Scan the entries below for the word "PlaceValue". Copy each line that has it.
[Start of section]
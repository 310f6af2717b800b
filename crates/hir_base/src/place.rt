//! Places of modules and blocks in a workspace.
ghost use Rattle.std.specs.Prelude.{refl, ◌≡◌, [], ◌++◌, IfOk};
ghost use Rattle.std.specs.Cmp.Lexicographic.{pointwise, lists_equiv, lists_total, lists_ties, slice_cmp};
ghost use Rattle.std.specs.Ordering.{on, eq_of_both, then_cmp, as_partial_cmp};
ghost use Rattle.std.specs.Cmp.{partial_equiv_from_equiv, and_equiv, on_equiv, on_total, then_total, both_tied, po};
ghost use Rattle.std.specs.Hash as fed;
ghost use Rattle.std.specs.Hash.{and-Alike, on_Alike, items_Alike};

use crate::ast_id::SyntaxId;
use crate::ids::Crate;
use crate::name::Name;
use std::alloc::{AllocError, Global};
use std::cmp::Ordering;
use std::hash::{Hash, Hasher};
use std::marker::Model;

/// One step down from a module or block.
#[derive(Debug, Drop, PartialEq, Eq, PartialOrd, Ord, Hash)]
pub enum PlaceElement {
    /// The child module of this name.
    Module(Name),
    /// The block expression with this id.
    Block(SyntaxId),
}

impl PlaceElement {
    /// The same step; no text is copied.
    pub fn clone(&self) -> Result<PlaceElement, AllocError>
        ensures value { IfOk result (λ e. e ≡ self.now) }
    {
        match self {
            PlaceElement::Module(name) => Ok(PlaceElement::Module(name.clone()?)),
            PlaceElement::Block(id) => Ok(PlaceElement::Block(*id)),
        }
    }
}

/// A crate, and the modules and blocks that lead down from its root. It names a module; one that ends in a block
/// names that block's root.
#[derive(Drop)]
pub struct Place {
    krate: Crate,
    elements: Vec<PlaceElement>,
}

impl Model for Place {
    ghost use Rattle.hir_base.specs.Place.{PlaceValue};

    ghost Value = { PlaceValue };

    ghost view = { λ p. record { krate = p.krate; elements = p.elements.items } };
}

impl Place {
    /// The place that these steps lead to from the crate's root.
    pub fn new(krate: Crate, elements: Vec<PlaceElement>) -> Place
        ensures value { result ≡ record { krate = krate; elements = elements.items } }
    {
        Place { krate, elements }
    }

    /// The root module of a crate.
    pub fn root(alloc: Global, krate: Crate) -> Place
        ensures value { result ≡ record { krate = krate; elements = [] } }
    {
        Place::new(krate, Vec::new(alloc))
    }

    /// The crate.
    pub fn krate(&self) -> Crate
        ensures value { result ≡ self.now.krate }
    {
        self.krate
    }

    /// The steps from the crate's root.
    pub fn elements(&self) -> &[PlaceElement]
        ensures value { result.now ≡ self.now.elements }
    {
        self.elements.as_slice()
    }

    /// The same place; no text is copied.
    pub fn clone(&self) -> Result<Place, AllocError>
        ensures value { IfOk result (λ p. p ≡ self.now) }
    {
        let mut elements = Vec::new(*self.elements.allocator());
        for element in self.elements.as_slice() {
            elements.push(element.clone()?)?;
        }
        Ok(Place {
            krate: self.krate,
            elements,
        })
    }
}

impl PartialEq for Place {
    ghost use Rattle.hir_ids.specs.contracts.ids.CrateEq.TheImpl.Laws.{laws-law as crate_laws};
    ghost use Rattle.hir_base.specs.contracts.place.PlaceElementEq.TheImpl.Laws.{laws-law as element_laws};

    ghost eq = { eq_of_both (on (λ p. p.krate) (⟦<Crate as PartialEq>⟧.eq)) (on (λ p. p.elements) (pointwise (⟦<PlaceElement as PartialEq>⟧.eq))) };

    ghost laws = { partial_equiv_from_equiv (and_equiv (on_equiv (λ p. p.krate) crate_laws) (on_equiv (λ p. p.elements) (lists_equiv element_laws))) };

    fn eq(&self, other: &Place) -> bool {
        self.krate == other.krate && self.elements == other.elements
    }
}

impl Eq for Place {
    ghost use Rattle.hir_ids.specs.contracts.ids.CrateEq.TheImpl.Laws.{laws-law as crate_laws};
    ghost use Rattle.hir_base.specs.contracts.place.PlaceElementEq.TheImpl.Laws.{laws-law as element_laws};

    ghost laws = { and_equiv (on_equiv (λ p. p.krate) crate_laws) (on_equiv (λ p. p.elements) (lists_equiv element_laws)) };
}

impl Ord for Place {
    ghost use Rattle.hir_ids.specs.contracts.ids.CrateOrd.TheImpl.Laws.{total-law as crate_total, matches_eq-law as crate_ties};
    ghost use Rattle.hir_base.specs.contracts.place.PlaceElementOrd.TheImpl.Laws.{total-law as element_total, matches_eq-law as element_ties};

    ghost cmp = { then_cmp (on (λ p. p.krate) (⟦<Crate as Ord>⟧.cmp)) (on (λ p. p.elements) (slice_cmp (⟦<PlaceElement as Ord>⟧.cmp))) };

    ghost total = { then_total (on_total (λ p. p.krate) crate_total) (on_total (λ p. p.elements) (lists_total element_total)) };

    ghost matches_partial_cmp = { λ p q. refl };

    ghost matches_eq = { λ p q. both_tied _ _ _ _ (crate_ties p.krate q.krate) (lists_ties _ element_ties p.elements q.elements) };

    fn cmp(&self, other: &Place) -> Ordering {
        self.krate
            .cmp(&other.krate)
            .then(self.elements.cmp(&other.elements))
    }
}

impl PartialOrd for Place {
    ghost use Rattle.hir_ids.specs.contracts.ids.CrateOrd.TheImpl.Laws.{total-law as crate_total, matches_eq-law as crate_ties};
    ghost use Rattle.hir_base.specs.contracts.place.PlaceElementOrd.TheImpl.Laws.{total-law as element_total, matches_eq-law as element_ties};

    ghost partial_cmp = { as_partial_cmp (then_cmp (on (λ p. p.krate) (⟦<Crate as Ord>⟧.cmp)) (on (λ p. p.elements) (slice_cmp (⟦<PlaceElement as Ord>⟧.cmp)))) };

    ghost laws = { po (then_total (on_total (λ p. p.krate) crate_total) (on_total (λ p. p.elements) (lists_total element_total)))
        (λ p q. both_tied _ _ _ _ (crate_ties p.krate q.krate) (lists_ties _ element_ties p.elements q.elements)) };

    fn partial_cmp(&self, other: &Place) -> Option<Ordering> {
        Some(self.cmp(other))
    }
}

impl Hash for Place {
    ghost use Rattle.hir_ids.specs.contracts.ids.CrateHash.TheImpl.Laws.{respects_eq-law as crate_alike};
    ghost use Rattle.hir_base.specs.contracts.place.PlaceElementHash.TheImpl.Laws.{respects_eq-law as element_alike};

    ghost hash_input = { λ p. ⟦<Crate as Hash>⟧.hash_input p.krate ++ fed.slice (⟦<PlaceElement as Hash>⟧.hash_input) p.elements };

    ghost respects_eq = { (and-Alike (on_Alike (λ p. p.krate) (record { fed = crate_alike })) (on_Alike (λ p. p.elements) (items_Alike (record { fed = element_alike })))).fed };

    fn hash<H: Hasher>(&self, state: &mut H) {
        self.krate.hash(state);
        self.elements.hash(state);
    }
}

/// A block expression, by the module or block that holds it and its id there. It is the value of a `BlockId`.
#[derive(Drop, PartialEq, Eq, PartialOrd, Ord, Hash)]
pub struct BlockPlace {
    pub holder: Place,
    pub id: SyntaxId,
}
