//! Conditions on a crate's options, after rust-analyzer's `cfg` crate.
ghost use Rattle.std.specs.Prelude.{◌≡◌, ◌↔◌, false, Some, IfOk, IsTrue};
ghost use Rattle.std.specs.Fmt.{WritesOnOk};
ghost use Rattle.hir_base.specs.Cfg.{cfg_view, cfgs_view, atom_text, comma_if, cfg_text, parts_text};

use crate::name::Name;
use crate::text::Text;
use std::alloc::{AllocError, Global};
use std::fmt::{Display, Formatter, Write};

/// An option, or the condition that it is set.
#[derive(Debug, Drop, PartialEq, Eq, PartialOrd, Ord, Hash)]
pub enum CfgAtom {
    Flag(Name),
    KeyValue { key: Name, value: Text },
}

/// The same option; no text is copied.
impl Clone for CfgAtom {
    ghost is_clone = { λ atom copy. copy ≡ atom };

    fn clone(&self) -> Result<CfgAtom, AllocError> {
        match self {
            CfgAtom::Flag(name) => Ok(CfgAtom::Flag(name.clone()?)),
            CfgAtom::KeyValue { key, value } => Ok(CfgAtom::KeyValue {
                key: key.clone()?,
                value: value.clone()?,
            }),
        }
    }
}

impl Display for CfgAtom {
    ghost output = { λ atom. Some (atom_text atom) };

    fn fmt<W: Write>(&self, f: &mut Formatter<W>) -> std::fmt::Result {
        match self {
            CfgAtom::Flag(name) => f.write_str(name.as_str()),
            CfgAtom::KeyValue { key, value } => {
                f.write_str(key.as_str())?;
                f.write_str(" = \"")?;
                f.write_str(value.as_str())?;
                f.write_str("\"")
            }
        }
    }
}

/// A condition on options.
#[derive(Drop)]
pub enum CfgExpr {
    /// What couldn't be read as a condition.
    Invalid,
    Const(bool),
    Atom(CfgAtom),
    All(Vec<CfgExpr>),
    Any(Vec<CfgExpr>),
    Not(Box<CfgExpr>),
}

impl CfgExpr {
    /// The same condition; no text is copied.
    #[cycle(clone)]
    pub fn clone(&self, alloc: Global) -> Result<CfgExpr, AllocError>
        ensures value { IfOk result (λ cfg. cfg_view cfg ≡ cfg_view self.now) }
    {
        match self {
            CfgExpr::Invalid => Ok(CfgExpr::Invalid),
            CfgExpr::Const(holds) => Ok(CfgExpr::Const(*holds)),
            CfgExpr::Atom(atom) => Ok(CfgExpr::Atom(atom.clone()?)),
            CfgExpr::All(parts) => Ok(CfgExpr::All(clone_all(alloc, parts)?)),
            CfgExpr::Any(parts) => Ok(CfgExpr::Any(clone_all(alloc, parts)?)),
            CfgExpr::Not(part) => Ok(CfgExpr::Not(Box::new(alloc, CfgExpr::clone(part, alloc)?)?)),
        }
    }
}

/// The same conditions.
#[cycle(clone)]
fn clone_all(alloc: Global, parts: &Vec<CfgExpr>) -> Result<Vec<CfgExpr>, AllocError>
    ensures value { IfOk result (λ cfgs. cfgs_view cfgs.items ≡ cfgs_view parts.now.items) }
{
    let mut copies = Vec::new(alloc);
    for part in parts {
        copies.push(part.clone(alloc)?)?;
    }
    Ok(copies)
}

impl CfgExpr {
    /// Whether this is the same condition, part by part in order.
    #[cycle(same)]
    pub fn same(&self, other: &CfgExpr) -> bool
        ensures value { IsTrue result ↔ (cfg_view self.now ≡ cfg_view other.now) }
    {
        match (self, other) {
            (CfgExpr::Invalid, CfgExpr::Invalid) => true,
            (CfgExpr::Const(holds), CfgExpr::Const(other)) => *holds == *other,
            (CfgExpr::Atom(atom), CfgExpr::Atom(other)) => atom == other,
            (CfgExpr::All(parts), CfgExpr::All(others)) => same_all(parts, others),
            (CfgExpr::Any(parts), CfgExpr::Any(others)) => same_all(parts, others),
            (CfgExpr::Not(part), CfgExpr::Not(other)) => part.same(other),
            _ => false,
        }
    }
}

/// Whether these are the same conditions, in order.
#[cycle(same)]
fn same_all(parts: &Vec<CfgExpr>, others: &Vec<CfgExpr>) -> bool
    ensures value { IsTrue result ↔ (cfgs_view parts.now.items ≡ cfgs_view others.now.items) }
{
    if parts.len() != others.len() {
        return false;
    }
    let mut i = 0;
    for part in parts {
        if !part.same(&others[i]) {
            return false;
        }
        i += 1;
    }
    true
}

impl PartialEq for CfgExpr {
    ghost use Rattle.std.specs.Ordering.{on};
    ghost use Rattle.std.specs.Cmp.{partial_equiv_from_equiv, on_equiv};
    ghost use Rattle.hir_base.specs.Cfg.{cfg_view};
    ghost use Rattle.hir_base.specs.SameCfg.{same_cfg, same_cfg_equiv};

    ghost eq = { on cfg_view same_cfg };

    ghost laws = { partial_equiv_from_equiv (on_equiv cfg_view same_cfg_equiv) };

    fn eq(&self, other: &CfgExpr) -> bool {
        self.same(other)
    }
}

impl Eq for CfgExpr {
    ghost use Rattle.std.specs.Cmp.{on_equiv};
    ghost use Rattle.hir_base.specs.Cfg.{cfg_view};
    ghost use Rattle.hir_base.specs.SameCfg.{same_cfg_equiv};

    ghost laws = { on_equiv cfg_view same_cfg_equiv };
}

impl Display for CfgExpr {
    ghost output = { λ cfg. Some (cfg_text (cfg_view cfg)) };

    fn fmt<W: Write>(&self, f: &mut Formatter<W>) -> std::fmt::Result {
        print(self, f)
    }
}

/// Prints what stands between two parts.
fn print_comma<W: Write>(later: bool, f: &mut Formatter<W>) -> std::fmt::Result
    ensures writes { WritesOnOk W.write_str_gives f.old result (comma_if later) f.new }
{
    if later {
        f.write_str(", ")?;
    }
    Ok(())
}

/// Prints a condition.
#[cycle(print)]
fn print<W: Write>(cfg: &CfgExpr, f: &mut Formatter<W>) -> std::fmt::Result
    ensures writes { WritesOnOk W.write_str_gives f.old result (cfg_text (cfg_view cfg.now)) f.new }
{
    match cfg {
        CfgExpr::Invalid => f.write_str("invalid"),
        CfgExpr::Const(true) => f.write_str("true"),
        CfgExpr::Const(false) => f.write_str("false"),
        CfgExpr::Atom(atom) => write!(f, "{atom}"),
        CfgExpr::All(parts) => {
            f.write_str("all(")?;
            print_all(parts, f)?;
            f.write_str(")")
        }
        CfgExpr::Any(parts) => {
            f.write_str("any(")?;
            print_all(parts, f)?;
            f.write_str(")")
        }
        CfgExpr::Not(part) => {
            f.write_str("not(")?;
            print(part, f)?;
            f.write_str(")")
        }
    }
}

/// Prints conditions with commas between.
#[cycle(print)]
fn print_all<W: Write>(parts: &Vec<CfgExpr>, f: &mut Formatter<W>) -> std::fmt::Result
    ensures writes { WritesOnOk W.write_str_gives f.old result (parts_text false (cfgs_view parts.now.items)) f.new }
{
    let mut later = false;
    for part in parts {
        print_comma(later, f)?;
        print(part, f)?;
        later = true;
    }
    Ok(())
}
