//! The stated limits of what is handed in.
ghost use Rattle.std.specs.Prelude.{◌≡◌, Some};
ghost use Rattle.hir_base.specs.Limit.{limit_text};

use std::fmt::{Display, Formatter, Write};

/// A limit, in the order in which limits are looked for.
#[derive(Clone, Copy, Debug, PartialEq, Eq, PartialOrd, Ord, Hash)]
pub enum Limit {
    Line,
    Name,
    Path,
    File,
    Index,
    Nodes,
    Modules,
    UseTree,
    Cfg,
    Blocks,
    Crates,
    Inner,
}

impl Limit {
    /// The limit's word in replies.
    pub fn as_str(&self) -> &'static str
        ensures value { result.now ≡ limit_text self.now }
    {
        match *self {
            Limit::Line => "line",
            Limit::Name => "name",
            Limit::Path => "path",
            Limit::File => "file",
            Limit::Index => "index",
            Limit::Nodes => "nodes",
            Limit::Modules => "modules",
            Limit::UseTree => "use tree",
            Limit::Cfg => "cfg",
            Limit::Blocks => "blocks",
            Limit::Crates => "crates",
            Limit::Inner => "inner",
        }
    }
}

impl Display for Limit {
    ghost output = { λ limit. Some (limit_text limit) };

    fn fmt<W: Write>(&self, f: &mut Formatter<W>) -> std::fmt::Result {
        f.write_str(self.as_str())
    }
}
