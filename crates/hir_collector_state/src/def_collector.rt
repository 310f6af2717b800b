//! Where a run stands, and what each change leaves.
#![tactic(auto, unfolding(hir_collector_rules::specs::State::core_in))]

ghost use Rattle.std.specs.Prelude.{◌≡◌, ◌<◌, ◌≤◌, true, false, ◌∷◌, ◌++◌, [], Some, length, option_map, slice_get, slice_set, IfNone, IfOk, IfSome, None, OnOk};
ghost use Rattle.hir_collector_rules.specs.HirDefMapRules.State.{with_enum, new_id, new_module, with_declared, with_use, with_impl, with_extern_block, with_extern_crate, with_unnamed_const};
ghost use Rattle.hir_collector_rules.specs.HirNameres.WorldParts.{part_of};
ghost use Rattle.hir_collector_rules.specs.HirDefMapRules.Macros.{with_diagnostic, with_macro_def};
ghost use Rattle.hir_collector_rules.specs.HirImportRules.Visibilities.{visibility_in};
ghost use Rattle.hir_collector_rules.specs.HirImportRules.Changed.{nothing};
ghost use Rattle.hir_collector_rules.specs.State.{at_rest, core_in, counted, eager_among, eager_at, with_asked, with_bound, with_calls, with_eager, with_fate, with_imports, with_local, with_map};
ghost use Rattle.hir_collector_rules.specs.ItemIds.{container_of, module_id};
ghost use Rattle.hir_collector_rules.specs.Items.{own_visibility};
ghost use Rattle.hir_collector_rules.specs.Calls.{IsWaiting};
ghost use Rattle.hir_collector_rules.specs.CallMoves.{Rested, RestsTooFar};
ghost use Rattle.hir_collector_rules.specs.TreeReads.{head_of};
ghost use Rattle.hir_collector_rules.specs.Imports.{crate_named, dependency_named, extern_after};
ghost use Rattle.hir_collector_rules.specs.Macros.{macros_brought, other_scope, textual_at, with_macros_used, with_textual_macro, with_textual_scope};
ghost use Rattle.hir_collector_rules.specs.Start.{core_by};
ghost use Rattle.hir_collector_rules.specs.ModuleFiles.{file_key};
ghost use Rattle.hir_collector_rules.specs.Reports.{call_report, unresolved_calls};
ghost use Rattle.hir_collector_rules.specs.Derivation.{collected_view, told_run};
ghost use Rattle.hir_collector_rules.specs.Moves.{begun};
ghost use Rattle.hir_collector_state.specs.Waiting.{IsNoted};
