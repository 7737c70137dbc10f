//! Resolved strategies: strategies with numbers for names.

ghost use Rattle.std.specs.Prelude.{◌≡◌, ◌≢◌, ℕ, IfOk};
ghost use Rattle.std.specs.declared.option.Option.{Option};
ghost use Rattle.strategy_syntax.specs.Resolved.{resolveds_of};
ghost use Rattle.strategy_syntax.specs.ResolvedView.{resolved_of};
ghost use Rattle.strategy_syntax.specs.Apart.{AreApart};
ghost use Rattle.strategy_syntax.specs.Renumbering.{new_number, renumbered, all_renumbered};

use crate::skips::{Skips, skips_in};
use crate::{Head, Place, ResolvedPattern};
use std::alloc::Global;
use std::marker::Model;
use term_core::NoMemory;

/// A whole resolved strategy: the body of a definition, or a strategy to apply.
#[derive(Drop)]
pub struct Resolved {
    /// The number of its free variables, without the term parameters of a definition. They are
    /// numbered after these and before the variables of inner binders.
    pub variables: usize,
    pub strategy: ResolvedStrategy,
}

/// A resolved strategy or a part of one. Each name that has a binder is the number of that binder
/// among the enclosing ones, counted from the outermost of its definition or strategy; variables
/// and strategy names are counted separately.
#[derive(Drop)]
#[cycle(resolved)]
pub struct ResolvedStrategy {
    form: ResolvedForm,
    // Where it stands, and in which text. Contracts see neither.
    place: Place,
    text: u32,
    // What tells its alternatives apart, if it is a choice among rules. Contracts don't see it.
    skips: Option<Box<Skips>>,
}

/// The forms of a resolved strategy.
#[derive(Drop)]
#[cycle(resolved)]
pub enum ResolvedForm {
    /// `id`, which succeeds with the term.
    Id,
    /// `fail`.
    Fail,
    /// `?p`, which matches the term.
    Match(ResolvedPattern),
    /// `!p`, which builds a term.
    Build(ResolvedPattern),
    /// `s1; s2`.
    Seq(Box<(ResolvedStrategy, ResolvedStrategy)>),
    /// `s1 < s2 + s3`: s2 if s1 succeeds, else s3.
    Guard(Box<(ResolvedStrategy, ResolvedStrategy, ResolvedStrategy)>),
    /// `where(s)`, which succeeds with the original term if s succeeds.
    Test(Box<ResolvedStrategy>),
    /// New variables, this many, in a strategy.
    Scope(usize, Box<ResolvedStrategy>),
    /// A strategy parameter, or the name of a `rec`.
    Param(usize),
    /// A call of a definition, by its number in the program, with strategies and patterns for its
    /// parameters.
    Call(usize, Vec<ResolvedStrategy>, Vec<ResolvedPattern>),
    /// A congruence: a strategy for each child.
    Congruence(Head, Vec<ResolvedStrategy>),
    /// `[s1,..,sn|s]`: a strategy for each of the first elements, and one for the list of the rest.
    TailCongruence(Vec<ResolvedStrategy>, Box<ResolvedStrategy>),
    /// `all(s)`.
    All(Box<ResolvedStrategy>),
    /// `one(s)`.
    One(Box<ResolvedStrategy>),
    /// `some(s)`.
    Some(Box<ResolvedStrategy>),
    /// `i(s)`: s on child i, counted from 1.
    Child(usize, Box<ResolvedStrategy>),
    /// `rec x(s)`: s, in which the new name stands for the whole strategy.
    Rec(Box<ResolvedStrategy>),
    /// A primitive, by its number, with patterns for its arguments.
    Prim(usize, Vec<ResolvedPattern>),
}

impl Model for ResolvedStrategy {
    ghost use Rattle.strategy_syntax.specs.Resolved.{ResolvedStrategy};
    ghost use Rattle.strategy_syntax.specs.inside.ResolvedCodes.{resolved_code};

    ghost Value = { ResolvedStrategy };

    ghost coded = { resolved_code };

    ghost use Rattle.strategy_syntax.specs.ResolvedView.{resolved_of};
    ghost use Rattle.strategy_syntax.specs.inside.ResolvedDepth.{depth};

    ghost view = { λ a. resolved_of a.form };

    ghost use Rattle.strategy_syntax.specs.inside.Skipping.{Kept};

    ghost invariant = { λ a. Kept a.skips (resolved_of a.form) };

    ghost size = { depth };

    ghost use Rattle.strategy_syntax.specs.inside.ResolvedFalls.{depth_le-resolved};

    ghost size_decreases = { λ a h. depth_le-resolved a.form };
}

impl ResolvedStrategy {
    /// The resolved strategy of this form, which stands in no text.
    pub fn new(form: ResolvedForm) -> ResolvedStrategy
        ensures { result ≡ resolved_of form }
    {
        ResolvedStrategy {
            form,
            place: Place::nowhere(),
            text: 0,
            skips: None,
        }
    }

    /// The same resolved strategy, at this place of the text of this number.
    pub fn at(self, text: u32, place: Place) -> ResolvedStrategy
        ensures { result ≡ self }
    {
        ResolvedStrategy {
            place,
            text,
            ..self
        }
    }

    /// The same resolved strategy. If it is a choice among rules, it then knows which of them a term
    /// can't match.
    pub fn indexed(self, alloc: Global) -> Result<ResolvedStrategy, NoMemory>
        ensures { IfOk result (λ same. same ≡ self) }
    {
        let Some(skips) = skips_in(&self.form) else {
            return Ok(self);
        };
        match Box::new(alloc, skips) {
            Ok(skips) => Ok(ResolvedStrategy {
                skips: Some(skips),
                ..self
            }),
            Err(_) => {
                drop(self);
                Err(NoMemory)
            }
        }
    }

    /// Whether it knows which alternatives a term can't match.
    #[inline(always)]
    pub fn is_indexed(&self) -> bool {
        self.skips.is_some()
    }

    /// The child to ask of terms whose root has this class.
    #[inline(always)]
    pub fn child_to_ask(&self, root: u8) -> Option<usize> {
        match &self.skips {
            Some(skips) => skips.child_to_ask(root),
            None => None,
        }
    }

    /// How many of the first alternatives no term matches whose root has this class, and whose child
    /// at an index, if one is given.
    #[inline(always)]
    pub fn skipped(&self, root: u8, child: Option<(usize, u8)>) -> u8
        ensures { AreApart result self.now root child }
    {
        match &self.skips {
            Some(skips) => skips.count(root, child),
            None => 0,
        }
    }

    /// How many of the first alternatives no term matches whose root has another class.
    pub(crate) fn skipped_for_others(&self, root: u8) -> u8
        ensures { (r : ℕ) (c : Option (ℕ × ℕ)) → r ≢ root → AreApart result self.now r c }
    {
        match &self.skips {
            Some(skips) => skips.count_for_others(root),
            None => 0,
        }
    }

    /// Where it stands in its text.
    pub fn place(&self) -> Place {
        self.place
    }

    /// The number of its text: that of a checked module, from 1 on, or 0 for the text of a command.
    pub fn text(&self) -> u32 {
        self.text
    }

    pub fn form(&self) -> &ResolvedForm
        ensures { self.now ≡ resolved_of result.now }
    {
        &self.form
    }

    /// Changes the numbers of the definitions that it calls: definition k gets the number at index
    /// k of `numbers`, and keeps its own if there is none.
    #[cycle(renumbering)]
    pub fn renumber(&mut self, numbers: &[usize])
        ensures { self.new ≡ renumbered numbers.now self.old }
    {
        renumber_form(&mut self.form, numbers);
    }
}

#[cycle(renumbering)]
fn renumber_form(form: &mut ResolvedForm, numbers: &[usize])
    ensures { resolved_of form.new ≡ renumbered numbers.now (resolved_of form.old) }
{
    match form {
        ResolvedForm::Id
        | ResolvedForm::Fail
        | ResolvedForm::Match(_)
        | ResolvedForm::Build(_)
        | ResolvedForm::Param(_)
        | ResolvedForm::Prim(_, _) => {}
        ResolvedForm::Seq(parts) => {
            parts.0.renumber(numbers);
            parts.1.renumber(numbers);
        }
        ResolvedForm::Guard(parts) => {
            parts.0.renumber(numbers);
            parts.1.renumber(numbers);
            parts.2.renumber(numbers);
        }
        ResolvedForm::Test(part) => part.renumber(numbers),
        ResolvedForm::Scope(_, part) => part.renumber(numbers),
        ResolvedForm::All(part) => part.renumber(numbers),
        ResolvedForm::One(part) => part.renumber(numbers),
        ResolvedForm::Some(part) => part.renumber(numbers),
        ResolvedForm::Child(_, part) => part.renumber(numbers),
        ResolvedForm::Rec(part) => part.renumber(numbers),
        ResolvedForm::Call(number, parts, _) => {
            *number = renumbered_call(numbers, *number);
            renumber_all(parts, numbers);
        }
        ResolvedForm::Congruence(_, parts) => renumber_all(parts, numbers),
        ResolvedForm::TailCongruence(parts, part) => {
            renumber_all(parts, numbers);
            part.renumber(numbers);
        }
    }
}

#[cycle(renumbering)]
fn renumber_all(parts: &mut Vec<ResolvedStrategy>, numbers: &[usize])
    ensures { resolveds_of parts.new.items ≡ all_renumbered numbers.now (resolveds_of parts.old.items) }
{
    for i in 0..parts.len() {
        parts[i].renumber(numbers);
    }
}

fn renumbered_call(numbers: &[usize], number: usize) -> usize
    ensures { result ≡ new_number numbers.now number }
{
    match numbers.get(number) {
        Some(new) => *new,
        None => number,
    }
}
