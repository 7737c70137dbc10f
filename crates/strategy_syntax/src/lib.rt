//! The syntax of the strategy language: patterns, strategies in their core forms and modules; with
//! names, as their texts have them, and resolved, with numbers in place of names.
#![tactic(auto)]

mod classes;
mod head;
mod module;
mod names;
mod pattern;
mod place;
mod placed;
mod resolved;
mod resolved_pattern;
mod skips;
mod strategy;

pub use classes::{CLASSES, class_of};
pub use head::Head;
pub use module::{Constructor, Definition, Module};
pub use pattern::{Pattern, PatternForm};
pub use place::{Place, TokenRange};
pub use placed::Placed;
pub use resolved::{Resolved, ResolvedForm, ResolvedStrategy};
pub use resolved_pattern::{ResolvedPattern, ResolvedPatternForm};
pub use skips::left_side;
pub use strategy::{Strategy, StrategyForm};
[End of section]
Problem solution:
    ghost use Rattle.hir_base.specs.Place.{PlaceValue};
    ghost Value = { PlaceValue };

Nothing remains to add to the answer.